Nanoscale pattern formation from laser induced thin film instabilities: Role of internal and external effects

Pulsed laser assisted pattern formation in single and bilayer metal films was investigated in this dissertation. The overall goals were: (1) to overcome limitations in conventional pulsed laser dewetting techniques, (2) to better understand the role of effects such as thermal gradients, dispersion forces, pressure gradients, and electric fields on pattern formation, and (3) to investigate nanostructure morphology and its progression in the dewetting of bilayer metal films. This study was divided into two parts. In the first part, pulsed laser-induced instabilities of single layer metal films was discussed. The spinodal dewetting of Au films, a novel Rayleigh-Taylor instability induced by pressure gradients, and the role of DC electric field on pattern formation is presented. In pulsed laser dewetting of Au, the trend in particle spacing and diameter was consistent with the predictions of classical spinodal dewetting theory. The early stage dewetting morphology changed from bicontinuous structures to hole like, and thermal gradient forces were found to be significantly weaker than dispersive forces in Au.

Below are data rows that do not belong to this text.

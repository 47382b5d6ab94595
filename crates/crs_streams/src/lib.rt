//! The streams of a run: a source, a stream and a sink that remember failures, and count their reads, the lines of
//! bytes, texts as one line shows them and in JSON, the line of a refusal, and the fault with which a run ends.
#![tactic(auto)]

mod escape;
mod fault;
mod filling;
pub mod json;
pub mod laws;
mod line;
mod number;
mod refusal;
mod sink;
mod stream;

pub use escape::{append_code_point, append_escaped};
pub use fault::RunFault;
pub use filling::Filling;
pub use line::{MAX_LINE, append_bytes, first_line, split_line, text_of};
pub use number::append_number;
pub use refusal::append_refusal;
pub use sink::Sink;
pub use stream::{MAX_READS, MAX_STREAM_READS, Source, Stream, make_room};
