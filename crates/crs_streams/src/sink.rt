ghost use Rattle.std.specs.Prelude.{◌≡◌, OnErr, OnOk};
ghost use Rattle.std.specs.Io.{WritesAtMost};
ghost use Rattle.std.specs.Io.KnownBytes.{Appends, WriteAppends};
ghost use Rattle.crs_streams.specs.Streams.{AppendsFront, CountsWrites, fresh_sink};
ghost use Rattle.crs_streams.specs.inner.OneWrite.{CountsWrite};

use std::io;
use std::io::Write;
use std::marker::Model;

/// A writer that remembers whether it was used, and a failure.
#[derive(Drop)]
pub struct Sink<W: Write> {
    writer: W,
    used: bool,
    past_failure: bool,
    failed: bool,
}

impl<W: Write> Model for Sink<W> {
    ghost use Rattle.crs_streams.specs.Streams.{SinkState};

    ghost Value = { SinkState };

    ghost view = { λ sink. record {
      contents = W.contents sink.writer;
      used = sink.used;
      past_failure = sink.past_failure;
      failed = sink.failed;
    } };
}

impl<W: Write> Sink<W> {
    /// A sink to which nothing has been written.
    pub fn new(writer: W) -> Sink<W>
        ensures { result ≡ fresh_sink (W.contents writer) }
    {
        Sink {
            writer,
            used: false,
            past_failure: false,
            failed: false,
        }
    }

    /// Writes all the bytes, as many at a time as the writer takes; where there are none the writer isn't asked. An
    /// error is the writer's own, an interruption included, or `WriteZero` where the writer takes no byte. Nothing is
    /// asked of the writer after it, the sink has `failed` from then on, and what the writer took are the first bytes.
    pub fn write_all(&mut self, bytes: &[u8]) -> io::Result<()>
        ensures bytes { OnOk result (Appends self.old.contents self.new.contents bytes.now) }
        ensures front { OnErr result (AppendsFront self.old.contents self.new.contents bytes.now) }
        ensures counted { CountsWrites self.old self.new result }
    {
        self.used = true;
        let mut rest = bytes;
        while !rest.is_empty() {
            match self.write(rest)? {
                0 => return Err(io::Error::from(io::ErrorKind::WriteZero)),
                count => rest = &rest[count..],
            }
        }
        Ok(())
    }

    // One write, and how many bytes the writer took. An interruption is a failure: its own `write_all` would try again.
    fn write(&mut self, bytes: &[u8]) -> io::Result<usize>
        ensures bound { WritesAtMost result bytes.now }
        ensures bytes { WriteAppends self.old.contents self.new.contents result bytes.now }
        ensures counted { CountsWrite self.old self.new result }
    {
        self.used = true;
        self.past_failure = self.past_failure || self.failed;
        match self.writer.write(bytes) {
            Ok(count) => {
                self.failed = self.failed || count == 0;
                Ok(count)
            }
            Err(error) => {
                self.failed = true;
                Err(error)
            }
        }
    }

    /// The writer, with what was written to it.
    pub fn into_inner(self) -> W
        ensures { W.contents result ≡ self.contents }
    {
        self.writer
    }

    /// Whether a write answered a failure, or took no byte.
    pub fn failed(&self) -> bool
        ensures { result ≡ self.now.failed }
    {
        self.failed
    }
}
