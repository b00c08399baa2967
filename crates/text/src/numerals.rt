// Numbers in decimal and their signs, in a buffer that has room for them.
ghost use Rattle.std.specs.Prelude.{◌≡◌, List, ℕ, ◌+◌, ◌≤◌, ◌<◌, length};
ghost use Rattle.text.specs.Decimal.{decimal, signed_decimal, sign, longest_number, longest_signed};
ghost use Rattle.text.specs.Put.{put};

use crate::groups::{put_byte, put_four_digits, put_two_digits};
use signed::unsigned_abs;

// Ten digits and the byte after them.
pub const LONGEST_NUMBER: usize = 11;

// A sign, ten digits and the byte after them.
pub const LONGEST_SIGNED: usize = 12;

// A number that is written in decimal, as its text says. Other crates cannot name it: its `put` asks for room, and no function that they call does.
pub trait Decimal: Copy {
    ghost in_decimal: { Self → List ℕ };

    ghost longest: { ℕ };

    // The length of the longest text with the byte after it. `fits` is no law, since the proof of a law would have to stand in specs/.
    fn longest() -> usize
        ensures value { result ≡ longest }
        ensures fits { (n : Self) → length (in_decimal n) < longest };

    // How many bytes the text has.
    fn width(self) -> usize
        ensures { result ≡ length (in_decimal self) };

    // Writes the text.
    fn put(self, out: &mut [u8], at: usize) -> usize
        requires { at + length (in_decimal self) ≤ length out.old }
        ensures end { result ≡ at + length (in_decimal self) }
        ensures text { out.new ≡ put out.old at (in_decimal self) };
}

impl Decimal for u32 {
    ghost in_decimal = { decimal };

    ghost longest = { longest_number };

    fn longest() -> usize {
        LONGEST_NUMBER
    }

    fn width(self) -> usize {
        digit_count(self)
    }

    fn put(self, out: &mut [u8], at: usize) -> usize {
        put_decimal(self, out, at)
    }
}

// A minus sign stands before a negative number.
impl Decimal for i32 {
    ghost in_decimal = { signed_decimal };

    ghost longest = { longest_signed };

    fn longest() -> usize {
        LONGEST_SIGNED
    }

    fn width(self) -> usize {
        let digits = digit_count(unsigned_abs(self));
        if self < 0 {
            return digits + 1;
        }
        digits
    }

    fn put(self, out: &mut [u8], at: usize) -> usize {
        let next = put_sign(self, out, at);
        put_decimal(unsigned_abs(self), out, next)
    }
}

// How many digits a number has. Comparisons cost less than divisions and, as measured, than `ilog10`, and the fewer of them the likely numbers
// need, the better: record and index have up to four digits, positions mostly five to seven.
fn digit_count(n: u32) -> usize
    ensures { result ≡ length (decimal n) }
{
    if n < 10000 {
        if n >= 1000 {
            return 4;
        }
        if n >= 100 {
            return 3;
        }
        if n >= 10 {
            return 2;
        }
        return 1;
    }
    if n < 1000000 {
        if n < 100000 {
            return 5;
        }
        return 6;
    }
    if n < 10000000 {
        return 7;
    }
    if n < 100000000 {
        return 8;
    }
    if n < 1000000000 {
        return 9;
    }
    10
}

// Writes a number of at most two digits.
fn put_up_to_two(n: u32, out: &mut [u8], at: usize) -> usize
    requires n_bound { n < 100 }
    requires n_in_bounds { at + length (decimal n) ≤ length out.old }
    ensures end { result ≡ at + length (decimal n) }
    ensures text { out.new ≡ put out.old at (decimal n) }
{
    if n < 10 {
        return put_byte(b'0' + n as u8, out, at);
    }
    put_two_digits(n, out, at)
}

// Writes a number of at most four digits.
fn put_up_to_four(n: u32, out: &mut [u8], at: usize) -> usize
    requires n_bound { n < 10000 }
    requires n_in_bounds { at + length (decimal n) ≤ length out.old }
    ensures end { result ≡ at + length (decimal n) }
    ensures text { out.new ≡ put out.old at (decimal n) }
{
    if n < 100 {
        return put_up_to_two(n, out, at);
    }
    let next = put_up_to_two(n / 100, out, at);
    put_two_digits(n % 100, out, next)
}

// Writes a number: its highest digits, at most four of them, and the others in groups of four.
fn put_decimal(n: u32, out: &mut [u8], at: usize) -> usize
    requires { at + length (decimal n) ≤ length out.old }
    ensures end { result ≡ at + length (decimal n) }
    ensures text { out.new ≡ put out.old at (decimal n) }
{
    if n < 10000 {
        return put_up_to_four(n, out, at);
    }
    let upper = n / 10000;
    if upper < 10000 {
        let next = put_up_to_four(upper, out, at);
        return put_four_digits(n % 10000, out, next);
    }
    let second = put_up_to_four(upper / 10000, out, at);
    let third = put_four_digits(upper % 10000, out, second);
    put_four_digits(n % 10000, out, third)
}

// Writes a minus sign for a negative number, and nothing for another.
fn put_sign(z: i32, out: &mut [u8], at: usize) -> usize
    requires { at + length (sign z) ≤ length out.old }
    ensures end { result ≡ at + length (sign z) }
    ensures text { out.new ≡ put out.old at (sign z) }
{
    if z < 0 {
        return put_byte(b'-', out, at);
    }
    at
}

Next, we showed through experiment and theory that nanoscale Rayleigh-Taylor instabilities can be seen in thin metal films. This instability was a result of pressure gradients developed when Au films were melted inside a bulk fluid like glycerol. One of the primary findings in this pattern formation was that the spacing of the nanoparticles was independent of the film thickness and could be tuned by the magnitude of the pressure gradients. Finally, we concluded this part by presenting the discovery of phase array self assembly of metallic nanoparticles under the application of a DC electric (E) field. In the second part, the morphology evolution under pulsed laser dewetting of a bilayer of the immiscible metals Ag and Co was investigated. We found multiple transitions in morphology for bilayers and correlated these transitions with an experimentally constructed dewetting morphology phase diagram. Finally, the role of thermal gradients was assessed in the formation of a variety of bimetal nanostructure. Work by our collaborator using computational non-linear dynamics showed that different nanoscale morphologies such as core-shell, embedded, or stacked cases could be formed in the Co-Ag system.